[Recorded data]
//! Worked examples by hand: which candidates pass, what they weigh, and the first heavy row.
//! One specification serves all: a column v, labels A and B, and measures v, onA = v if label A,
//! and steps = -3*v + 2 if v >= 1 ; 7.

ghost use Rattle.std.specs.Prelude.{[], ◌≡◌, ◌<◌, ◌≤◌, ◌^◌, All, IsTrue, IfOk, length};
ghost use Rattle.std.specs.List.{list_all};
ghost use Rattle.gta_checked.specs.Cells.{is_cell};
ghost use Rattle.gta_checked.specs.Plain.{plain_case, plain_measure, plain_test};
ghost use Rattle.gta_checked.specs.Within.{IsAtomWithin, IsCaseWithin, IsGoalWithin};
ghost use Rattle.gta_checked.specs.Within.{IsMeasureWithin, IsTermWithin, IsTestWithin};
ghost use Rattle.gta_checked.specs.PlainRows.{plain_rows};
ghost use Rattle.gta_meaning.specs.InRange.{HasColumnsOf, IsInRange, label_count};

use gta_checked::{Atom, Case, Checked, Goal, Measure, Rows, Term, Test};
use gta_meaning::{Candidate, first_heavy, label_count, passes, value_of, weight_of};
use gta_spec::{Check, Cmp, ColumnItem};
use gta_text::Name;
use shape_gen::{Mark, Shape};
use std::alloc::{AllocError, Global};
use std::test::Fail;

const V: u32 = 0;

const ON_A: u32 = 1;

const STEPS: u32 = 2;

fn rows_of(alloc: Global, cells: &[i64]) -> Result<Rows, AllocError>
    requires few { length cells.now < 2 ^ 32 }
    requires within { IsTrue (list_all is_cell cells.now) }
    ensures count { IfOk result (λ rows. rows.count ≡ length cells.now) }
    ensures columns { IfOk result (λ rows. rows.columns ≡ 1) }
{
    let kept = Vec::from_slice(alloc, cells)?;
    Ok(Rows {
        count: cells.len() as u32,
        columns: 1,
        cells: kept,
    })
}

fn case_of(alloc: Global, form: &[Term], cond: &[Atom]) -> Result<Case, AllocError>
    requires few_terms { length form.now ≤ 2 }
    requires terms { All (IsTermWithin 1) form.now }
    requires few_atoms { length cond.now ≤ 1 }
    requires atoms { All (IsAtomWithin 1 2) cond.now }
    ensures { IfOk result (λ case. IsCaseWithin 1 2 (plain_case case)) }
{
    Ok(Case {
        form: Vec::from_slice(alloc, form)?,
        cond: Vec::from_slice(alloc, cond)?,
    })
}

// v
fn plain(alloc: Global) -> Result<Measure, AllocError>
    ensures { IfOk result (λ measure. IsMeasureWithin 1 2 (plain_measure measure)) }
{
    let v = Term {
        factor: 1,
        column: Some(0),
    };
    let mut cases = Vec::new(alloc);
    cases.push(case_of(alloc, &[v], &[])?)?;
    Ok(Measure { cases })
}

// v if label A
fn on_a(alloc: Global) -> Result<Measure, AllocError>
    ensures { IfOk result (λ measure. IsMeasureWithin 1 2 (plain_measure measure)) }
{
    let v = Term {
        factor: 1,
        column: Some(0),
    };
    let mut cases = Vec::new(alloc);
    cases.push(case_of(alloc, &[v], &[Atom::Label(0)])?)?;
    Ok(Measure { cases })
}

// -3*v + 2 if v >= 1 ; 7
fn steps(alloc: Global) -> Result<Measure, AllocError>
    ensures { IfOk result (λ measure. IsMeasureWithin 1 2 (plain_measure measure)) }
{
    let falling = Term {
        factor: -3,
        column: Some(0),
    };
    let two = Term {
        factor: 2,
        column: None,
    };
    let seven = Term {
        factor: 7,
        column: None,
    };
    let from_one = Atom::Column {
        column: 0,
        cmp: Cmp::AtLeast,
        number: 1,
    };
    let mut cases = Vec::new(alloc);
    cases.push(case_of(alloc, &[falling, two], &[from_one])?)?;
    cases.push(case_of(alloc, &[seven], &[])?)?;
    Ok(Measure { cases })
}

fn spec_of(alloc: Global, test: Test, goal: Goal) -> Result<Checked, AllocError>
    requires test { IsTestWithin 1 2 3 [] [] (plain_test test) }
    requires goal { IsGoalWithin 3 goal }
    ensures columns { IfOk result (λ checked. length checked.columns ≡ 1) }
    ensures labels { IfOk result (λ checked. length checked.labels ≡ 2) }
    ensures measures { IfOk result (λ checked. length checked.measures ≡ 3) }
{
    let mut columns = Vec::new(alloc);
    columns.push(ColumnItem {
        name: Name::of(alloc, b"v")?,
        header: None,
    })?;
    let mut labels = Vec::new(alloc);
    labels.push(Name::of(alloc, b"A")?)?;
    labels.push(Name::of(alloc, b"B")?)?;
    let mut measures = Vec::new(alloc);
    measures.push(plain(alloc)?)?;
    measures.push(on_a(alloc)?)?;
    measures.push(steps(alloc)?)?;
    let mut tests = Vec::new(alloc);
    tests.push(test)?;
    let mut named = Vec::new(alloc);
    named.push(false)?;
    Ok(Checked::of(
        1,
        columns,
        labels,
        measures,
        Vec::new(alloc),
        Vec::new(alloc),
        tests,
        named,
        None,
        Shape::Assign,
        goal,
    ))
}

// The candidate of a code's bits, row by row from the lowest: 1 takes the row with the label A.
// Where every row is taken, 0 takes it with B.
fn candidate_of(alloc: Global, rows: u32, code: u32, every: bool) -> Result<Candidate, AllocError>
    requires { rows ≤ 10 }
    ensures { IfOk result (λ candidate. IsInRange rows 2 candidate.marks.items) }
{
    let mut marks = Vec::new(alloc);
    for row in 0..rows {
        let first = (code >> row) % 2 == 1;
        if first || every {
            let label = !first as u32;
            marks.push(Mark { row, label })?;
        }
    }
    Ok(Candidate { marks })
}

// How many sublists or, where every row is taken, assignments pass.
fn passing(alloc: Global, checked: &Checked, rows: &Rows, every: bool) -> Result<u32, AllocError>
    requires columns { HasColumnsOf checked.now (plain_rows rows.now) }
    requires labels { length checked.now.labels ≡ 2 }
    requires few { rows.now.count ≤ 10 }
{
    let mut found = 0;
    for code in 0..1u32 << rows.count {
        if passes(
            checked,
            rows,
            &candidate_of(alloc, rows.count, code, every)?,
        ) {
            found += 1;
        }
    }
    Ok(found)
}

#[test]
fn sums_compare_as_written(rt: HostRuntime) -> Result<(), Fail> {
    let rows = rows_of(rt.alloc(), &[1, 1, 1])?;
    for (cmp, count) in [(Cmp::AtLeast, 4), (Cmp::Equal, 3), (Cmp::AtMost, 7)] {
        let check = Check::Compare { cmp, number: 2 };
        let checked = spec_of(rt.alloc(), Test::Sum { measure: V, check }, Goal::Count)?;
        assert_eq!(rt;
            passing(rt.alloc(), &checked, &rows, false)?,
            count,
            "at {cmp:?}"
        );
    }
    Ok(())
}

#[test]
fn remainders_are_not_negative(rt: HostRuntime) -> Result<(), Fail> {
    let cases: [(&[i64], u64, u64, u32); 2] = [(&[1, 2, 3, 4, 5], 3, 0, 12), (&[-3], 2, 1, 1)];
    for (cells, modulus, residue, count) in cases {
        let check = Check::Mod { modulus, residue };
        let rows = rows_of(rt.alloc(), cells)?;
        let checked = spec_of(rt.alloc(), Test::Sum { measure: V, check }, Goal::Count)?;
        assert_eq!(rt;
            passing(rt.alloc(), &checked, &rows, false)?,
            count,
            "at {cells:?}"
        );
    }
    Ok(())
}

#[test]
fn lengths_count_marks(rt: HostRuntime) -> Result<(), Fail> {
    let rows = rows_of(rt.alloc(), &[1, 1, 1, 1, 1, 1, 1, 1, 1, 1])?;
    let check = Check::Compare {
        cmp: Cmp::Equal,
        number: 3,
    };
    let checked = spec_of(rt.alloc(), Test::Length { check }, Goal::Count)?;
    assert_eq!(rt; passing(rt.alloc(), &checked, &rows, false)?, 120);
    Ok(())
}

#[test]
fn labels_choose_the_case(rt: HostRuntime) -> Result<(), Fail> {
    let rows = rows_of(rt.alloc(), &[1, 2, 3])?;
    let check = Check::Compare {
        cmp: Cmp::Equal,
        number: 3,
    };
    let checked = spec_of(
        rt.alloc(),
        Test::Sum {
            measure: ON_A,
            check,
        },
        Goal::Max(ON_A),
    )?;
    assert_eq!(rt; passing(rt.alloc(), &checked, &rows, true)?, 2);
    assert_eq!(rt;
        weight_of(
            &checked,
            &rows,
            ON_A,
            &candidate_of(rt.alloc(), 3, 0b111, true)?
        ),
        6
    );
    assert_eq!(rt;
        weight_of(
            &checked,
            &rows,
            ON_A,
            &candidate_of(rt.alloc(), 3, 0b001, true)?
        ),
        1
    );
    assert_eq!(rt; value_of(&checked, &rows, ON_A, 2, 0), 3);
    assert_eq!(rt; value_of(&checked, &rows, ON_A, 2, 1), 0);
    Ok(())
}

#[test]
fn the_first_case_that_holds_counts(rt: HostRuntime) -> Result<(), Fail> {
    let rows = rows_of(rt.alloc(), &[2, 1, 0, -5])?;
    let check = Check::Compare {
        cmp: Cmp::Equal,
        number: 3,
    };
    let checked = spec_of(rt.alloc(), Test::Length { check }, Goal::Any)?;
    for (row, value) in [(0, -4), (1, -1), (2, 7), (3, 7)] {
        assert_eq!(rt;
            value_of(&checked, &rows, STEPS, row, 1),
            value,
            "at row {row}"
        );
    }
    Ok(())
}

#[test]
fn a_row_past_the_bound_is_heavy(rt: HostRuntime) -> Result<(), Fail> {
    let alone = rows_of(rt.alloc(), &[4611686018427387903])?;
    let both = rows_of(rt.alloc(), &[4611686018427387903, -1])?;
    let cases = [
        (Goal::Max(V), None, Some(1)),
        (Goal::Min(ON_A), None, Some(1)),
        (Goal::Max(STEPS), Some(0), Some(0)),
        (Goal::Count, None, None),
    ];
    for (goal, of_one, of_both) in cases {
        let check = Check::Compare {
            cmp: Cmp::Equal,
            number: 3,
        };
        let checked = spec_of(rt.alloc(), Test::Length { check }, goal)?;
        assert_eq!(rt; first_heavy(&checked, &alone), of_one, "at {of_both:?}");
        assert_eq!(rt; first_heavy(&checked, &both), of_both, "at {of_one:?}");
    }
    Ok(())
}
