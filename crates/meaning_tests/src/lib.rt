//! Tests of gta_meaning: worked examples by hand, each call once with ample memory.
#![tactic(auto)]

#[cfg(test)]
mod meaning;
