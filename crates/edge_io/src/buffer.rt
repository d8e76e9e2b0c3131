//! A text in memory that grows.
ghost use Rattle.std.specs.Prelude.{◌≡◌, ◌+◌, ◌<◌, ◌≤◌, [], length, IfOk, Some};
ghost use Rattle.edge_io.specs.Streams.{TookWithin, Takes, TookCause};
ghost use Rattle.edge_io.specs.Memory.{TookAll};

use crate::stream::{Sink, Took};
use std::alloc::{AllocError, Global};
use std::marker::Model;

/// A text in memory, as a sink that grows at its end.
///
/// Its room is reserved when it is made. A write fails only where its piece does not fit the room that is left and no
/// memory is left to grow; the text stays as it was.
#[derive(Drop)]
pub struct TextBuffer {
    bytes: Vec<u8>,
    faults: u64,
}

impl Model for TextBuffer {
    ghost use Rattle.std.specs.Prelude.{vec_capacity};
    ghost use Rattle.edge_io.specs.Memory.{InBuffer};

    ghost Value = { InBuffer };

    ghost view = { λ b. record {
      text = b.bytes.items;
      room = vec_capacity b.bytes;
      faults = b.faults;
    } };
}

impl TextBuffer {
    /// An empty text with room for so many bytes.
    pub fn new(alloc: Global, room: usize) -> Result<TextBuffer, AllocError>
        ensures { IfOk result (λ b. b ≡ record { text = []; room = room; faults = 0 }) }
    {
        Ok(TextBuffer {
            bytes: Vec::with_capacity(alloc, room)?,
            faults: 0,
        })
    }

    /// How many bytes the text has.
    pub fn len(&self) -> usize
        ensures { result ≡ length self.now.text }
    {
        self.bytes.len()
    }

    /// The text.
    pub fn as_slice(&self) -> &[u8]
        ensures { result.now ≡ self.now.text }
    {
        self.bytes.as_slice()
    }

    /// Drops the text. The room stays.
    pub fn clear(&mut self)
        ensures { self.new ≡ record { text = []; room = self.old.room; faults = self.old.faults } }
    {
        self.bytes.clear();
    }
}

impl Sink for TextBuffer {
    ghost written = { λ b. Some b.text };

    ghost faults = { λ b. b.faults };

    fn write(&mut self, piece: &[u8]) -> Took
        requires { 0 < length piece.now }
        ensures within { TookWithin result (length piece.now) }
        ensures bytes { Takes result (Some self.old.text) piece.now (Some self.new.text) }
        ensures cause { TookCause result self.old.faults self.new.faults }
        ensures full { result ≡ Took.Failed → self.old.room < length self.old.text + length piece.now }
        ensures all { TookAll result (length piece.now) }
        ensures once { self.new.faults ≤ self.old.faults + 1 }
        ensures grows { self.old.room ≤ self.new.room }
    {
        match self.bytes.extend_from_slice(piece) {
            Ok(()) => Took::Bytes(piece.len()),
            Err(_) => {
                self.faults = self.faults.saturating_add(1);
                Took::Failed
            }
        }
    }
}
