// What a kept hash record holds to begin with, and its output, by value (document 01, "The kept hash record"; document 02, Q-2).
#![tactic(auto)]

ghost use Rattle.std.specs.Prelude.{◌≡◌, [], ◌∷◌, ◌*◌, length};
ghost use Rattle.definition.specs.Buffer.{overwrite};
ghost use Rattle.definition.specs.Refusal.{first_of, out_refusal};
ghost use Rattle.hash_definition.specs.Record.{started as started_of, output_from};
ghost use Rattle.hash_definition.specs.Lent.{kept_refusal, lent_start_outcome, lent_finish_outcome};
ghost use Rattle.refusals.specs.Number.{number_of};
ghost use Rattle.hash_kept.specs.Answer.{answer_of};
ghost use Rattle.hash_definition.specs.Output.{output_by, lent_finish_output_outcome};

use hash_definition::{Kept, OutputAnswer};
use refusals::Refusal;

// What is held to begin with.
pub fn started(code: usize) -> Kept
    ensures { result ≡ started_of code }
{
    let w = codes::width(code);
    Kept {
        code: code,
        odd: 0,
        state: rounds::start(w),
        pending: [0u8; 32],
        high: 0,
        low: 0,
    }
}

// A start: what is held is started afresh.
pub fn start(code: usize, hash: &mut Kept) -> Result<(), Refusal>
    ensures { record { number = number_of result; kept = hash.new } ≡ lent_start_outcome code hash.old }
{
    refusals::known_code(code)?;
    *hash = started(code);
    Ok(())
}

// A number of words of what is held, and the rounds that they took; 3, then 2, refuse the call.
fn put_out(k: Kept, words: usize, out: &mut [u8]) -> Result<u64, Refusal>
    ensures { record { answer = answer_of result; buffer = out.new } ≡ output_by (first_of (kept_refusal k ∷ out_refusal (4 * words) (length out.old) ∷ [])) words (overwrite (output_from k words) out.old) out.old }
{
    refusals::in_turn(hash_kept::form(k), refusals::room(words, out.len()))?;
    let p = k.pending;
    let pos = (k.low % 32) as usize;
    let closing = rounds::last::closing(k.odd, p[pos]);
    Ok(squeeze::end(
        codes::width(k.code),
        k.state,
        &p[..pos],
        closing,
        words,
        out,
    ))
}

// A finish: the digest's words.
pub fn finish(k: Kept, out: &mut [u8]) -> Result<(), Refusal>
    ensures { record { number = number_of result; buffer = out.new } ≡ lent_finish_outcome k out.old }
{
    put_out(k, codes::words(k.code), out)?;
    Ok(())
}

// A finish with a number of words, and the rounds that they took.
pub fn finish_output(k: Kept, words: usize, out: &mut [u8]) -> Result<u64, Refusal>
    ensures { record { answer = answer_of result; buffer = out.new } ≡ lent_finish_output_outcome k words out.old }
{
    hash_kept::words(words)?;
    put_out(k, words, out)
}

// What C is answered.
pub fn answer(put_out: Result<u64, Refusal>) -> OutputAnswer
    ensures { result ≡ answer_of put_out }
{
    match put_out {
        Ok(rounds) => OutputAnswer { number: 0, rounds },
        Err(r) => OutputAnswer {
            number: u64::from(u32::from(r)),
            rounds: 0,
        },
    }
}
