//! Lines of at most 64 bytes, read from inputs that are cut, fail or fall silent.

use byte_devices::{Counted, Input, PieceReader, ReadFault, SilentAfter};
use std::fmt::Debug;
use std::process::Abort;
use std::test::Fail;
use text_lines::{Line, Lines, lines_are_pieces};

// Asserts that two values are equal. One function for all types, since an assertion for each costs much to prove.
fn is_equal<T: PartialEq + Debug>(rt: &impl Abort, found: &T, wanted: &T) {
    assert_eq!(rt; *found, *wanted);
}

// An input of which each read gives at most `cut` bytes, and the read numbered `fails_at` fails (0: none).
fn pieces(input: &[u8], cut: usize, fails_at: u64) -> Counted<PieceReader<'_>> {
    Counted::reading(PieceReader::new(input, cut.max(1), fails_at))
}

// Asserts that the next line has this text, and whether byte 10 ended it. `name` is the error if there is no line.
fn next_is(
    rt: &impl Abort,
    lines: &mut Lines<64>,
    reader: &mut Counted<PieceReader<'_>>,
    name: &'static str,
    text: &[u8],
    is_ended: bool,
) -> Result<(), Fail> {
    let Ok(Some(line)) = lines.next(reader) else {
        return Err(Fail::from(name));
    };
    is_equal(rt, &line.text(), &text);
    assert!(rt; line.is_ended() == is_ended && !line.is_too_long());
    Ok(())
}

// The second read fails in the middle of a line. The next call reads the line on, with the bytes from before the
// failure.
#[test]
fn what_was_read_stays_after_a_fault(rt: HostRuntime) -> Result<(), Fail> {
    lines_are_pieces();
    let mut reader = pieces(b" ab \r\ncd", 3, 2);
    let mut lines: Lines<64> = Lines::new();
    assert!(rt; lines.next(&mut reader).is_err());
    next_is(&rt, &mut lines, &mut reader, "a line", b"ab", true)?;
    next_is(&rt, &mut lines, &mut reader, "a last line", b"cd", false)?;
    assert!(rt; matches!(&lines.next(&mut reader), Ok(None)));
    Ok(())
}

// Reads the next line over the one before. Asserts the answer, and that `line` is then ended, has this text, and is too
// long or not.
fn read_over(
    rt: &impl Abort,
    lines: &mut Lines<64>,
    reader: &mut Counted<PieceReader<'_>>,
    line: &mut Line<64>,
    answer: Result<bool, ReadFault>,
    text: &[u8],
    is_too_long: bool,
) {
    is_equal(rt, &lines.read_line(reader, line), &answer);
    is_equal(rt, &line.text(), &text);
    assert!(rt; line.is_ended() && line.is_too_long() == is_too_long);
}

// A line of 70 bytes, which is too long and of which the first 64 are kept, and two shorter ones.
const LONG_THEN_SHORT: &[u8] =
    b"xxxxxxxxxxxxxxxxxxxxxxxxxxxxxxxxxxxxxxxxxxxxxxxxxxxxxxxxxxxxxxxxxxxxxx\n usermove e4 \r\ncd\n";

// A read that fails, and the input's end, leave the line as it was.
#[test]
fn a_line_is_read_over_the_one_before(rt: HostRuntime) {
    let mut reader = pieces(LONG_THEN_SHORT, 7, 13);
    let mut lines: Lines<64> = Lines::new();
    let mut line = Line::new();
    let long = &LONG_THEN_SHORT[..64];
    read_over(
        &rt,
        &mut lines,
        &mut reader,
        &mut line,
        Ok(true),
        long,
        true,
    );
    read_over(
        &rt,
        &mut lines,
        &mut reader,
        &mut line,
        Err(ReadFault),
        long,
        true,
    );
    read_over(
        &rt,
        &mut lines,
        &mut reader,
        &mut line,
        Ok(true),
        b"usermove e4",
        false,
    );
    read_over(
        &rt,
        &mut lines,
        &mut reader,
        &mut line,
        Ok(true),
        b"cd",
        false,
    );
    read_over(
        &rt,
        &mut lines,
        &mut reader,
        &mut line,
        Ok(false),
        b"cd",
        false,
    );
}

// A text of three lines, of which the input's end ends the last one.
const TEXT: &[u8] = b"new\nab\ncd";

// The texts of its lines.
const TEXTS: [&[u8]; 3] = [b"new", b"ab", b"cd"];

// How many lines end among these bytes.
fn ended_lines(bytes: &[u8]) -> usize {
    bytes.iter().filter(|byte| **byte == b'\n').count()
}

// Waits for the next line over the one before, and asserts the answer (`None`: nothing came) and the line's text then.
fn wait_over<R: Input>(
    rt: &impl Abort,
    lines: &mut Lines<64>,
    reader: &mut R,
    line: &mut Line<64>,
    answer: Result<Option<bool>, ReadFault>,
    text: &[u8],
) {
    is_equal(rt, &lines.read_line_until(reader, 0, line), &answer);
    is_equal(rt, &line.text(), &text);
}

// Waits for lines, and asserts that each comes at once and has its text.
fn wait_for_each<R: Input>(
    rt: &impl Abort,
    lines: &mut Lines<64>,
    reader: &mut R,
    line: &mut Line<64>,
    texts: &[&[u8]],
) {
    for text in texts {
        wait_over(rt, lines, reader, line, Ok(Some(true)), text);
    }
}

// Asserts that so many waits find no whole line, and leave the line as it was, with this text.
fn wait_in_vain<R: Input>(
    rt: &impl Abort,
    lines: &mut Lines<64>,
    reader: &mut R,
    line: &mut Line<64>,
    silences: u64,
    text: &[u8],
) {
    for _ in 0..silences {
        wait_over(rt, lines, reader, line, Ok(None), text);
    }
}

// The input gives the first `at` bytes of TEXT and then falls silent. The lines that have ended come, then so many
// waits find none, and then the others come.
fn lines_around_a_silence(rt: &impl Abort, at: usize, silences: u64, cut: usize) {
    let given = &TEXT[..at.min(TEXT.len())];
    let (before, after) = TEXTS.split_at(ended_lines(given).min(2));
    let mut reader = SilentAfter::new(PieceReader::new(TEXT, cut.max(1), 0), given.len(), silences);
    let mut lines: Lines<64> = Lines::new();
    let mut line = Line::new();
    wait_for_each(rt, &mut lines, &mut reader, &mut line, before);
    let last = match before.last() {
        Some(text) => *text,
        None => b"",
    };
    wait_in_vain(rt, &mut lines, &mut reader, &mut line, silences, last);
    wait_for_each(rt, &mut lines, &mut reader, &mut line, after);
    wait_over(
        rt,
        &mut lines,
        &mut reader,
        &mut line,
        Ok(Some(false)),
        b"cd",
    );
}

// Lets the input fall silent after each number of bytes, read byte by byte and in one piece.
#[test]
fn lines_are_read_around_a_silence_at_each_place(rt: HostRuntime) {
    for at in 0..10 {
        lines_around_a_silence(&rt, at, 1, 1);
        lines_around_a_silence(&rt, at, 3, 1);
        lines_around_a_silence(&rt, at, 1, 64);
        lines_around_a_silence(&rt, at, 3, 64);
    }
}

// The first byte of the second line comes, then nothing, then a read fails: the line is read on after that.
#[test]
fn what_was_read_stays_after_a_silence_and_a_fault(rt: HostRuntime) {
    let mut reader = SilentAfter::new(PieceReader::new(TEXT, 4, 3), 5, 1);
    let mut lines: Lines<64> = Lines::new();
    let mut line = Line::new();
    wait_for_each(&rt, &mut lines, &mut reader, &mut line, &TEXTS[..1]);
    wait_in_vain(&rt, &mut lines, &mut reader, &mut line, 1, b"new");
    wait_over(
        &rt,
        &mut lines,
        &mut reader,
        &mut line,
        Err(ReadFault),
        b"new",
    );
    wait_for_each(&rt, &mut lines, &mut reader, &mut line, &TEXTS[1..]);
    wait_over(
        &rt,
        &mut lines,
        &mut reader,
        &mut line,
        Ok(Some(false)),
        b"cd",
    );
}

// An input that stays silent: each of 1,000 waits finds no line and returns.
#[test]
fn a_long_silence_is_not_waited_out(rt: HostRuntime) {
    let mut reader = SilentAfter::new(PieceReader::new(TEXT, 64, 0), 6, u64::MAX);
    let mut lines: Lines<64> = Lines::new();
    let mut line = Line::new();
    wait_for_each(&rt, &mut lines, &mut reader, &mut line, &TEXTS[..1]);
    wait_in_vain(&rt, &mut lines, &mut reader, &mut line, 1000, b"new");
}

// A plain reader of std has no clock, so each wait gives the next line, up to the input's end.
#[test]
fn lines_of_a_reader_without_a_clock_are_not_waited_for(rt: HostRuntime) {
    let mut reader = pieces(TEXT, 1, 0);
    let mut lines: Lines<64> = Lines::new();
    let mut line = Line::new();
    wait_for_each(&rt, &mut lines, &mut reader, &mut line, &TEXTS);
    wait_over(
        &rt,
        &mut lines,
        &mut reader,
        &mut line,
        Ok(Some(false)),
        b"cd",
    );
}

§ Task goal: Of the records above, copy each line that includes "TookWithin".

§ Response box:
ghost use Rattle.edge_io.specs.Streams.{TookWithin, Takes, TookCause};
        ensures within { TookWithin result (length piece.now) }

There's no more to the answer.